Convergence properties of the inexact Lin-Fukushima relaxation method for mathematical programs with complementarity constraints

Abstract

Mathematical programs with equilibrium (or complementarity) constraints, MPECs for short, form a difficult class of optimization problems. The feasible set of MPECs is described by standard equality and inequality constraints as well as additional complementarity constraints that are used to model equilibrium conditions in different applications. But these complementarity constraints imply that MPECs violate most of the standard constraint qualifications. Therefore, more specialized algorithms are typically applied to MPECs that take into account the particular structure of the complementarity constraints.

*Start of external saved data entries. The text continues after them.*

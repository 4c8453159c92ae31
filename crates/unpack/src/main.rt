// The program that writes the list of a file. Its exit status is what `file_programs` returns.
#![tactic(auto)]

use file_programs::xanhupive_program_unpack;
use std::process::ExitCode;

fn main(rt: HostRuntime) -> ExitCode {
    ExitCode::from(xanhupive_program_unpack(&rt, rt.process()))
}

One popular class of these specialized algorithms are the relaxation (or regularization) methods. They replace the MPEC by a sequence of nonlinear programs NLP(t) depending on a parameter t, then compute a KKT-point of each NLP(t), and try to get a suitable stationary point of the original MPEC in the limit t?0. For most relaxation methods, one can show that a C-stationary point is obtained in this way, a few others even get M-stationary points, which is a stronger property. So far, however, these results have been obtained under the assumption that one is able to compute exact KKT-points of each NLP(t). But this assumption is not implementable, hence a natural question is: What kind of stationarity do we get if we only compute approximate KKT-points? It turns out that most relaxation methods only get a weakly stationary point under this assumption, while in this paper, we show that the smooth relaxation method by Lin and Fukushima (Ann. Oper. Res. 133:63---84, 2005) still yields a C-stationary point, i.e. the inexact version of this relaxation scheme has the same convergence properties as the exact counterpart.